SOURCE DATA:
#####

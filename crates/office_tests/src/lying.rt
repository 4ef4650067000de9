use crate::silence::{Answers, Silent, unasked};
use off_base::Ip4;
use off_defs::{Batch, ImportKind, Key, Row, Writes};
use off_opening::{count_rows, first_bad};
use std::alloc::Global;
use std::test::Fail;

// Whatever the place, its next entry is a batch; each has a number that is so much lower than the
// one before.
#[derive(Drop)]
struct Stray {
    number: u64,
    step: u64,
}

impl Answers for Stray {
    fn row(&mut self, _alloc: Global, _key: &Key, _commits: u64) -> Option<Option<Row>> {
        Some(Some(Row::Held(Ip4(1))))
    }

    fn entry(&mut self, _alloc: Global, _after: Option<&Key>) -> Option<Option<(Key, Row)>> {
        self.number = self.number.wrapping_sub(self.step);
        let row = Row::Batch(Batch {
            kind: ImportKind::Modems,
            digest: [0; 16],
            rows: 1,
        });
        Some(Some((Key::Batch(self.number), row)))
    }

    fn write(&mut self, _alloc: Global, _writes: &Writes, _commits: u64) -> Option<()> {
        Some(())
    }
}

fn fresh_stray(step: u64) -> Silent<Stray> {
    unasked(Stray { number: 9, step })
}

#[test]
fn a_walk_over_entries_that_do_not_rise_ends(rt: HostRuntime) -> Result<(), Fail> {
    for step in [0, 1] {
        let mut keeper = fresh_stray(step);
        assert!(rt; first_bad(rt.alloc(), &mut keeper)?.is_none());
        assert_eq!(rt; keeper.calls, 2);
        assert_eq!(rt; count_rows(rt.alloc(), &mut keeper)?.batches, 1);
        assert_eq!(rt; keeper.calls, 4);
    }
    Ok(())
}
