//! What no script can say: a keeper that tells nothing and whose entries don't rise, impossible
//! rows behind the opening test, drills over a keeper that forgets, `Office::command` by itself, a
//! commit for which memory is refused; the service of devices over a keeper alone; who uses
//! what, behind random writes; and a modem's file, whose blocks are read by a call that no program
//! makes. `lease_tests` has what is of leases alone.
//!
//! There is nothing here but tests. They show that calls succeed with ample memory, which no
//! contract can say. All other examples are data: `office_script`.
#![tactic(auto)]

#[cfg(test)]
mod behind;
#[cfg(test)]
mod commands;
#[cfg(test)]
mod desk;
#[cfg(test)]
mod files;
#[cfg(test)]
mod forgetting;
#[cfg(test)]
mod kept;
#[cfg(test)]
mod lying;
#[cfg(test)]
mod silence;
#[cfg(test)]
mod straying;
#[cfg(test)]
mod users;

#####

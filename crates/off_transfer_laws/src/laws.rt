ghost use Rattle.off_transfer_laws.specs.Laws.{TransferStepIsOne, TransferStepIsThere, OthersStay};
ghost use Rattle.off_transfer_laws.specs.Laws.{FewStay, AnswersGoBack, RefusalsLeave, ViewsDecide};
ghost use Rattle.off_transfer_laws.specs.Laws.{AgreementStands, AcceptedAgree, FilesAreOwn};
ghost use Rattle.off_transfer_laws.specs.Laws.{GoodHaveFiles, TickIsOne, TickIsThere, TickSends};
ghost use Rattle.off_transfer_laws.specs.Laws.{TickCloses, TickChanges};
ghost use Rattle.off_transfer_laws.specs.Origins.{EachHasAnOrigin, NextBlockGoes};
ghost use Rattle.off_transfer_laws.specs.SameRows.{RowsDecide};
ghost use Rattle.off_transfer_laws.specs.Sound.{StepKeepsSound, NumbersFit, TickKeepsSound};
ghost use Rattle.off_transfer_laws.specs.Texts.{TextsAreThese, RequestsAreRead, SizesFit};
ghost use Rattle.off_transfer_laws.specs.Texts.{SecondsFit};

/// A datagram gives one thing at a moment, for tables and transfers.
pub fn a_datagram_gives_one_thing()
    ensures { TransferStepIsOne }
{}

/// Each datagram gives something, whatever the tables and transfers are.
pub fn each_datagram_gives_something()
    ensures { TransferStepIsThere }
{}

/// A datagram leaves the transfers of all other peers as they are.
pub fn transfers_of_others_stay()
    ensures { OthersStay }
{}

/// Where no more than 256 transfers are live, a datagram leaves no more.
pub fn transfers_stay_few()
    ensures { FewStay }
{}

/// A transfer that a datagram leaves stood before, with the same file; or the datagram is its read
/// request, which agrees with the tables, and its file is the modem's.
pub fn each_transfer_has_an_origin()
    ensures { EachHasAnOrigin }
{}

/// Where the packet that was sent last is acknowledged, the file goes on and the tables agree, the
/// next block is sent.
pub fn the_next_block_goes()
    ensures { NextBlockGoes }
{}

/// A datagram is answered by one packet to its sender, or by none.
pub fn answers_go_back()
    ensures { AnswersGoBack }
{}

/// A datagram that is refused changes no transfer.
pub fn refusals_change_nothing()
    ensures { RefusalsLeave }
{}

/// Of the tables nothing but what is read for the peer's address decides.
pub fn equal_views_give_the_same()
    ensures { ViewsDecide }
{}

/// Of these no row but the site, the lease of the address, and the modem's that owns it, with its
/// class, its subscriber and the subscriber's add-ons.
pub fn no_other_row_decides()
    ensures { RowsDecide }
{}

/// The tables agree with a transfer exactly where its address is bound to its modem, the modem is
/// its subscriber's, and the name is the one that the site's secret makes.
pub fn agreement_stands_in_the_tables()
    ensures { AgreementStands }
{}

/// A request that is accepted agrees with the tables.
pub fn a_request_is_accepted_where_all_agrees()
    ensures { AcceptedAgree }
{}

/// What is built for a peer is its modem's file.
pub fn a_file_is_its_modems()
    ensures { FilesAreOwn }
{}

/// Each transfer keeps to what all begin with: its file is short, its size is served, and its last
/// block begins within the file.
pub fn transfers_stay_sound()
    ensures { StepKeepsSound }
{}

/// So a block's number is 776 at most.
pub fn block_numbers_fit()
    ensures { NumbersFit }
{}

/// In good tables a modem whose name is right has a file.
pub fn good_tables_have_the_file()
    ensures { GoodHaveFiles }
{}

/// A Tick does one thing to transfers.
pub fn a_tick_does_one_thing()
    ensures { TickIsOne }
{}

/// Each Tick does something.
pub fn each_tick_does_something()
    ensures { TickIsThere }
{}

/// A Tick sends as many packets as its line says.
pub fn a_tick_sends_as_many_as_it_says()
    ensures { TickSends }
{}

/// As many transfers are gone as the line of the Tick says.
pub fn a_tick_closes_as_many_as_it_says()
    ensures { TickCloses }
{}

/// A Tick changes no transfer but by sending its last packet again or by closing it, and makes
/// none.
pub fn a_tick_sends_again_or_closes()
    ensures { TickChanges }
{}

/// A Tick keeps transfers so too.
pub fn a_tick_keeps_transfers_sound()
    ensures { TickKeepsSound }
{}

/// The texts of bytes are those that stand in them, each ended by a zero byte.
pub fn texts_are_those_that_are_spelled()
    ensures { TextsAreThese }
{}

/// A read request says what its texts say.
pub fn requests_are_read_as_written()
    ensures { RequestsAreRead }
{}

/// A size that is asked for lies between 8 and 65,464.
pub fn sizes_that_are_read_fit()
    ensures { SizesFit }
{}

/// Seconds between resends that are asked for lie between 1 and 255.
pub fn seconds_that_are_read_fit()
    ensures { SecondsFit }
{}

#####

WORK ITEM: Using the records above, report each line with the string "ghost".

EXERCISE SOLUTION:
ghost use Rattle.off_transfer_laws.specs.Laws.{TransferStepIsOne, TransferStepIsThere, OthersStay};
ghost use Rattle.off_transfer_laws.specs.Laws.{FewStay, AnswersGoBack, RefusalsLeave, ViewsDecide};
ghost use Rattle.off_transfer_laws.specs.Laws.{AgreementStands, AcceptedAgree, FilesAreOwn};
ghost use Rattle.off_transfer_laws.specs.Laws.{GoodHaveFiles, TickIsOne, TickIsThere, TickSends};
ghost use Rattle.off_transfer_laws.specs.Laws.{TickCloses, TickChanges};
ghost use Rattle.off_transfer_laws.specs.Origins.{EachHasAnOrigin, NextBlockGoes};
ghost use Rattle.off_transfer_laws.specs.SameRows.{RowsDecide};
ghost use Rattle.off_transfer_laws.specs.Sound.{StepKeepsSound, NumbersFit, TickKeepsSound};
ghost use Rattle.off_transfer_laws.specs.Texts.{TextsAreThese, RequestsAreRead, SizesFit};
ghost use Rattle.off_transfer_laws.specs.Texts.{SecondsFit};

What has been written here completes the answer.